- PROVIDED INFORMATION -
=== Section Start ===
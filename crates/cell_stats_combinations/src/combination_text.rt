//! Reads combinations from texts.

ghost use Rattle.std.specs.Prelude.{◌≡◌, ◌≤◌};
ghost use Rattle.cell_core_values.specs.Answers.{EqualsUnlessOutOfMemory};
ghost use Rattle.cell_stats_combinations.specs.ComboReading.{cell_of_text_part, combination_of_text};

use crate::combination::Combo;
use cell_core::cell::Cell;
use cell_core::memory::Memory;
use cell_core_values::whole_numbers::whole_number_in_category_range;
use cell_core_values::words::parts_between_commas;
use std::alloc::{AllocFailed, Global};

/// Why a text is not a combination. If several reasons apply, the first in this order is reported (profile).
#[derive(Clone, Copy, Debug, PartialEq, Eq)]
pub enum ComboFault {
    /// A part is neither an asterisk nor a whole number in range.
    BadCombo,
    /// The number of parts is wrong.
    BadWidth,
    /// Memory ran out.
    Memory,
}

impl From<Memory> for ComboFault {
    ghost use Rattle.std.specs.Prelude.{◌≡◌};
    ghost use Rattle.cell_stats_combinations.specs.declared.combination_text.ComboFault.TheVariants.{Memory};

    ghost from_gives = { λ _ fault. fault ≡ Memory };

    fn from(_e: Memory) -> ComboFault {
        ComboFault::Memory
    }
}

impl<T: Drop> From<AllocFailed<T>> for ComboFault {
    ghost use Rattle.std.specs.Prelude.{◌≡◌};
    ghost use Rattle.cell_stats_combinations.specs.declared.combination_text.ComboFault.TheVariants.{Memory};

    ghost from_gives = { λ _ fault. fault ≡ Memory };

    fn from(_e: AllocFailed<T>) -> ComboFault {
        ComboFault::Memory
    }
}

// Reads a part as a cell.
fn cell_of_text_part(part: &[u8]) -> Option<Cell>
    ensures { result ≡ cell_of_text_part part.now }
{
    if part == b"*".as_slice() {
        return Some(Cell::null());
    }
    match whole_number_in_category_range(part) {
        Some(category) => Cell::value(category),
        None => None,
    }
}

impl Combo {
    /// Reads a combination from a text: cells separated by commas, each an asterisk for null or a whole number
    /// in range. `width` must be 1 to 16.
    ///
    /// # Errors
    ///
    /// The first [`ComboFault`] that applies, in the order of its variants.
    pub fn read(alloc: Global, text: &[u8], width: usize) -> Result<Combo, ComboFault>
        requires { (1 ≤ width) × (width ≤ 16) }
        ensures { EqualsUnlessOutOfMemory ComboFault.Memory (λ combo. combo) result
            (combination_of_text width text.now) }
    {
        let parts = parts_between_commas(alloc, text)?;
        let mut cells = Vec::new(alloc);
        for part in &parts {
            let Some(cell) = cell_of_text_part(part) else {
                return Err(ComboFault::BadCombo);
            };
            cells.push(cell)?;
        }
        if cells.len() != width {
            return Err(ComboFault::BadWidth);
        }
        Ok(Combo::of(cells))
    }
}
=== Section End ===
Line for line, the material above should be repeated exactly.

- SOLUTION TO THE EXERCISE -
filename crates/cell_stats_combinations/src/combination_text.rt
//! Reads combinations from texts.

ghost use Rattle.std.specs.Prelude.{◌≡◌, ◌≤◌};
ghost use Rattle.cell_core_values.specs.Answers.{EqualsUnlessOutOfMemory};
ghost use Rattle.cell_stats_combinations.specs.ComboReading.{cell_of_text_part, combination_of_text};

use crate::combination::Combo;
use cell_core::cell::Cell;
use cell_core::memory::Memory;
use cell_core_values::whole_numbers::whole_number_in_category_range;
use cell_core_values::words::parts_between_commas;
use std::alloc::{AllocFailed, Global};

/// Why a text is not a combination. If several reasons apply, the first in this order is reported (profile).
#[derive(Clone, Copy, Debug, PartialEq, Eq)]
pub enum ComboFault {
    /// A part is neither an asterisk nor a whole number in range.
    BadCombo,
    /// The number of parts is wrong.
    BadWidth,
    /// Memory ran out.
    Memory,
}

impl From<Memory> for ComboFault {
    ghost use Rattle.std.specs.Prelude.{◌≡◌};
    ghost use Rattle.cell_stats_combinations.specs.declared.combination_text.ComboFault.TheVariants.{Memory};

    ghost from_gives = { λ _ fault. fault ≡ Memory };

    fn from(_e: Memory) -> ComboFault {
        ComboFault::Memory
    }
}

impl<T: Drop> From<AllocFailed<T>> for ComboFault {
    ghost use Rattle.std.specs.Prelude.{◌≡◌};
    ghost use Rattle.cell_stats_combinations.specs.declared.combination_text.ComboFault.TheVariants.{Memory};

    ghost from_gives = { λ _ fault. fault ≡ Memory };

    fn from(_e: AllocFailed<T>) -> ComboFault {
        ComboFault::Memory
    }
}

// Reads a part as a cell.
fn cell_of_text_part(part: &[u8]) -> Option<Cell>
    ensures { result ≡ cell_of_text_part part.now }
{
    if part == b"*".as_slice() {
        return Some(Cell::null());
    }
    match whole_number_in_category_range(part) {
        Some(category) => Cell::value(category),
        None => None,
    }
}

impl Combo {
    /// Reads a combination from a text: cells separated by commas, each an asterisk for null or a whole number
    /// in range. `width` must be 1 to 16.
    ///
    /// # Errors
    ///
    /// The first [`ComboFault`] that applies, in the order of its variants.
    pub fn read(alloc: Global, text: &[u8], width: usize) -> Result<Combo, ComboFault>
        requires { (1 ≤ width) × (width ≤ 16) }
        ensures { EqualsUnlessOutOfMemory ComboFault.Memory (λ combo. combo) result
            (combination_of_text width text.now) }
    {
        let parts = parts_between_commas(alloc, text)?;
        let mut cells = Vec::new(alloc);
        for part in &parts {
            let Some(cell) = cell_of_text_part(part) else {
                return Err(ComboFault::BadCombo);
            };
            cells.push(cell)?;
        }
        if cells.len() != width {
            return Err(ComboFault::BadWidth);
        }
        Ok(Combo::of(cells))
    }
}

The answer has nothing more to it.